The problem
Scan each line of the records for the word "comes" and extract the ones that have it.
══ Provided data ══
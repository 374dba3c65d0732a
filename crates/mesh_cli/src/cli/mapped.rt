// The top call over records in a map.
ghost use Rattle.mesh_cli.specs.cli.Scripts.{WordsEnd};
ghost use Rattle.mesh_cli.specs.cli.Sides.{sides};
ghost use Rattle.mesh_cli.specs.promise.Promise.{CallPromise};
ghost use Rattle.mesh_keep.specs.MapKeeper.{map_told};
ghost use Rattle.mesh_keep_house.specs.kept.House.{house_told};
ghost use Rattle.mesh_cli_print.specs.printed.Printing.{sinks};

use crate::cli::top::mesh;
use mesh_base_values::Str;
use mesh_io::{Clock, Folder, Sink, Source};
use mesh_keep::MapKeeper;
use mesh_keep_house::kept::KeptHouse;
use std::alloc::Global;
use std::thread::Threads;

/// Runs one command line over records in a map: what it ends with is said of the world that the records hold.
pub fn mesh_over_a_map<R: Threads + Sync, F: Folder, C: Clock, S: Source, O: Sink, E: Sink>(
    rt: &R,
    alloc: Global,
    words: &[Str],
    folder: &mut F,
    house: &mut KeptHouse<MapKeeper>,
    clock: &mut C,
    input: &mut S,
    out: &mut O,
    err: &mut E,
) -> u8
    ensures ends { WordsEnd words.now (S.told input.old) (S.told input.new) (sides (F.told folder.old) (C.told clock.old) (house_told map_told house.old)) (sides (F.told folder.new) (C.told clock.new) (house_told map_told house.new))
        (sinks (O.told out.old) (E.told err.old)) (sinks (O.told out.new) (E.told err.new)) result }
    ensures promise { CallPromise words.now (S.told input.old) (S.told input.new) (sides (F.told folder.old) (C.told clock.old) (house_told map_told house.old)) (sides (F.told folder.new) (C.told clock.new) (house_told map_told house.new))
        (sinks (O.told out.old) (E.told err.old)) (sinks (O.told out.new) (E.told err.new)) result }
{
    mesh(rt, alloc, words, folder, house, clock, input, out, err)
}
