// What a demonstration prints of each answer.
ghost use Rattle.std.specs.Prelude.{◌≡◌, ◌≤◌, ◌++◌, ℕ, List, Ok, length, IfOk, IfSome, OnOk};
ghost use Rattle.std.specs.Fmt.{signed_decimal};
ghost use Rattle.mesh_cli_print.specs.faults.Lines.{◌·◌};
ghost use Rattle.mesh_cli.specs.demo.Lines.{head_line, line_start, sum_of, total_in, totals_text, units_line};

use mesh_base_values::{Cell, Row, Str};
use mesh_cli_print::faults::{put, put_number};
use mesh_list::{Memory, Seq};
use std::alloc::Global;

/// Where the line begins that ends in front of a place.
fn line_start(text: &[u8], end: usize) -> usize
    requires { end ≤ length text.now }
    ensures is { result ≡ line_start text.now end }
    ensures within { result ≤ end }
{
    let mut at = end;
    while at > 0 {
        if text[at - 1] == b'\n' {
            return at;
        }
        at -= 1;
    }
    0
}

/// The line in front of the last, which in the text of an apply or a run tells how many units were due.
fn units_line(text: &[u8]) -> &[u8]
    ensures { result.now ≡ units_line text.now }
{
    let last = line_start(text, text.len().saturating_sub(1));
    let first = line_start(text, last.saturating_sub(1));
    &text[first..last]
}

fn units_and_rest(alloc: Global, front: &[u8], answer: &Str, rest: Str) -> Result<Str, Memory>
    ensures { IfOk result (λ text. text ≡ (front.now · units_line answer.now) ++ rest) }
{
    let mut out = Vec::from_slice(alloc, front)?;
    put(&mut out, units_line(answer.as_slice()))?;
    put(&mut out, rest.as_slice())?;
    Ok(Seq::from_vec(out))
}

/// How many units a command had, by what it answered, in front of what comes after it.
pub(crate) fn with_units(
    alloc: Global,
    front: &[u8],
    answer: &Str,
    rest: Result<Str, Memory>,
) -> Result<Str, Memory>
    ensures { IfOk result (λ text. (more : List ℕ) × (rest ≡ Ok more) × (text ≡ (front.now · units_line answer.now) ++ more)) }
{
    match rest {
        Err(wanting) => Err(wanting),
        Ok(rest) => units_and_rest(alloc, front, answer, rest),
    }
}

/// What was asked for, in front of what comes of it.
pub(crate) fn headed(alloc: Global, n: u32, rest: Str) -> Result<Str, Memory>
    ensures { IfOk result (λ text. text ≡ head_line n ++ rest) }
{
    let mut out = Vec::from_slice(alloc, b"demo ")?;
    put_number(&mut out, n as u64)?;
    put(&mut out, b"\n")?;
    put(&mut out, rest.as_slice())?;
    Ok(Seq::from_vec(out))
}

/// The total of a day: its row's second cell, where that is a number.
fn total_in(row: &Row) -> i64
    ensures { result ≡ total_in row.now }
{
    match row.as_slice() {
        [_, Cell::Int(total), ..] => *total,
        _ => 0,
    }
}

/// The sum of the totals, unless it goes past 64 bits on the way.
fn sum_of(rows: &[Row]) -> Option<i64>
    ensures { IfSome result (λ sum. sum ≡ sum_of rows.now) }
{
    let mut sum = 0i64;
    for row in rows {
        match sum.checked_add(total_in(row)) {
            Some(more) => sum = more,
            None => return None,
        }
    }
    Some(sum)
}

/// A number in decimal, behind a minus sign or none.
fn put_signed(out: &mut Vec<u8>, number: i64) -> Result<(), Memory>
    ensures { OnOk result (out.new.items ≡ out.old.items ++ signed_decimal number) }
{
    let mut buffer = itoa::Buffer::new();
    put(out, buffer.format(number).as_bytes())
}

/// How many rows the totals have, and their sum.
pub(crate) fn totals_text(alloc: Global, rows: &[Row]) -> Result<Str, Memory>
    ensures { IfOk result (λ text. text ≡ totals_text rows.now) }
{
    let Some(sum) = sum_of(rows) else {
        return Err(Memory);
    };
    let mut out = Vec::from_slice(alloc, b"totals ")?;
    put_number(&mut out, rows.len() as u64)?;
    put(&mut out, b" rows\nsum ")?;
    put_signed(&mut out, sum)?;
    put(&mut out, b"\n")?;
    Ok(Seq::from_vec(out))
}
═══
Result for this exercise
/// How many units a command had, by what it answered, in front of what comes after it.
/// What was asked for, in front of what comes of it.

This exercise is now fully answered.